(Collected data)
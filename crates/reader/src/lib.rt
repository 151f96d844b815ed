// From the text of a gradient to its value.
#![tactic(auto)]

ghost use Rattle.std.specs.Prelude.{◌≡◌};
ghost use Rattle.text.specs.View.{view};
ghost use Rattle.tokens.specs.Cut.{cut};
ghost use Rattle.stoplist.specs.View.{items_in};
ghost use Rattle.reader.specs.Text.{with_stops, linear_of, circular_of, of_kind, body_of, kind_of, function_of};
ghost use Rattle.replies.specs.Refused.{reply_of};
ghost use Rattle.reader.specs.Reading.{reading, read_of};
ghost use Rattle.reader.specs.View.{view_body, draft_of, draft_reply, concluded};

use gradient::{Direction, Gradient, Shape, Side};
use replies::Refusal;
use stoplist::StopList;
use text::word_for;

// A gradient as it is written.
#[derive(Clone, Copy, Debug, PartialEq, Eq)]
pub struct Draft {
    pub shape: Shape,
    pub repeating: bool,
    pub list: StopList,
}

// Which function is called, and whether it is the repeating one.
#[derive(Clone, Copy, Debug, PartialEq, Eq)]
pub enum Kind {
    Linear(bool),
    Radial(bool),
}

// ---- what stands between the brackets

// A shape, and the text of its stops, if there is one.
fn with_stops(shape: Shape, repeating: bool, stops: Option<&[u8]>) -> Option<Draft>
    ensures { result ≡ draft_of (with_stops cut shape repeating (items_in stops.entry)) }
{
    let list = stoplist::read_stops(stops?)?;
    Some(Draft {
        shape,
        repeating,
        list,
    })
}

fn read_linear(repeating: bool, s: &[u8]) -> Option<Draft>
    ensures { result ≡ draft_of (linear_of cut repeating s.now) }
{
    let (first, others) = stoplist::first_item(s);
    match text::whole(first, directions::read_direction) {
        Some(direction) => with_stops(Shape::Linear(direction), repeating, others),
        None => with_stops(
            Shape::Linear(Direction::Side(Side::Bottom)),
            repeating,
            Some(s),
        ),
    }
}

fn read_circular(repeating: bool, s: &[u8]) -> Option<Draft>
    ensures { result ≡ draft_of (circular_of cut repeating s.now) }
{
    let (first, others) = stoplist::first_item(s);
    let shape = text::whole(first, circles::read_radial)?;
    with_stops(shape, repeating, others)
}

fn read_body(kind: Kind, s: &[u8]) -> Option<Draft>
    ensures { result ≡ draft_of (of_kind cut kind s.now) }
{
    match kind {
        Kind::Linear(repeating) => read_linear(repeating, s),
        Kind::Radial(repeating) => read_circular(repeating, s),
    }
}

// ---- the whole text

// What stands before the closing bracket, the last byte that is no white space.
fn body(s: &[u8]) -> Option<&[u8]>
    ensures { view_body result ≡ body_of s.now }
{
    let trimmed = text::trim_end(s);
    match trimmed {
        [body @ .., b')'] => Some(body),
        _ => None,
    }
}

fn read_kind(s: &[u8]) -> Option<(Kind, &[u8])>
    ensures { view result ≡ kind_of s.now }
{
    word_for(s, b"linear-gradient(", Kind::Linear(false))
        .or(word_for(s, b"radial-gradient(", Kind::Radial(false)))
        .or(word_for(s, b"repeating-linear-gradient(", Kind::Linear(true)))
        .or(word_for(s, b"repeating-radial-gradient(", Kind::Radial(true)))
}

#[tactic(auto, unfolding(crate::specs::Text::function_of))]
fn read_function(s: &[u8]) -> Option<Draft>
    ensures { result ≡ draft_of (function_of cut s.now) }
{
    let (kind, rest) = read_kind(s)?;
    read_body(kind, body(rest)?)
}

fn draft_reply(d: Draft) -> Result<(), Refusal>
    ensures { reply_of result ≡ draft_reply d }
{
    let list = d.list;
    if !gradient::shape_in(d.shape) || list.wide {
        return Err(Refusal::OutOfRange);
    }
    if 16 < list.count {
        return Err(Refusal::TooManyStops);
    }
    Ok(())
}

#[tactic(auto, using(crate::proofs::Answered::err_answered))]
fn conclude(d: Draft) -> Result<Gradient, Refusal>
    ensures { reading result ≡ concluded d }
{
    draft_reply(d)?;
    let list = d.list;
    let stops = list.stops;
    Ok(Gradient {
        shape: d.shape,
        repeating: d.repeating,
        count: list.count,
        stops,
    })
}

// Reads a gradient. Any bytes are taken, of any length.
pub fn read(s: &[u8]) -> Result<Gradient, Refusal>
    ensures { reading result ≡ read_of s.now }
{
    if 1024 < s.len() {
        return Err(Refusal::LongText);
    }
    match read_function(text::skip_space(s)) {
        Some(draft) => conclude(draft),
        None => Err(Refusal::Malformed),
    }
}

### WHAT THIS TASK INVOLVES
Exactly as they stand, set down the lines from the top of the data through the line with "fn read_linear(repeating: bool, s: &[u8])".

### WRITTEN RESPONSE
filename crates/reader/src/lib.rt
repository 151f96d844b815ed
// From the text of a gradient to its value.
#![tactic(auto)]

ghost use Rattle.std.specs.Prelude.{◌≡◌};
ghost use Rattle.text.specs.View.{view};
ghost use Rattle.tokens.specs.Cut.{cut};
ghost use Rattle.stoplist.specs.View.{items_in};
ghost use Rattle.reader.specs.Text.{with_stops, linear_of, circular_of, of_kind, body_of, kind_of, function_of};
ghost use Rattle.replies.specs.Refused.{reply_of};
ghost use Rattle.reader.specs.Reading.{reading, read_of};
ghost use Rattle.reader.specs.View.{view_body, draft_of, draft_reply, concluded};

use gradient::{Direction, Gradient, Shape, Side};
use replies::Refusal;
use stoplist::StopList;
use text::word_for;

// A gradient as it is written.
#[derive(Clone, Copy, Debug, PartialEq, Eq)]
pub struct Draft {
    pub shape: Shape,
    pub repeating: bool,
    pub list: StopList,
}

// Which function is called, and whether it is the repeating one.
#[derive(Clone, Copy, Debug, PartialEq, Eq)]
pub enum Kind {
    Linear(bool),
    Radial(bool),
}

// ---- what stands between the brackets

// A shape, and the text of its stops, if there is one.
fn with_stops(shape: Shape, repeating: bool, stops: Option<&[u8]>) -> Option<Draft>
    ensures { result ≡ draft_of (with_stops cut shape repeating (items_in stops.entry)) }
{
    let list = stoplist::read_stops(stops?)?;
    Some(Draft {
        shape,
        repeating,
        list,
    })
}

fn read_linear(repeating: bool, s: &[u8]) -> Option<Draft>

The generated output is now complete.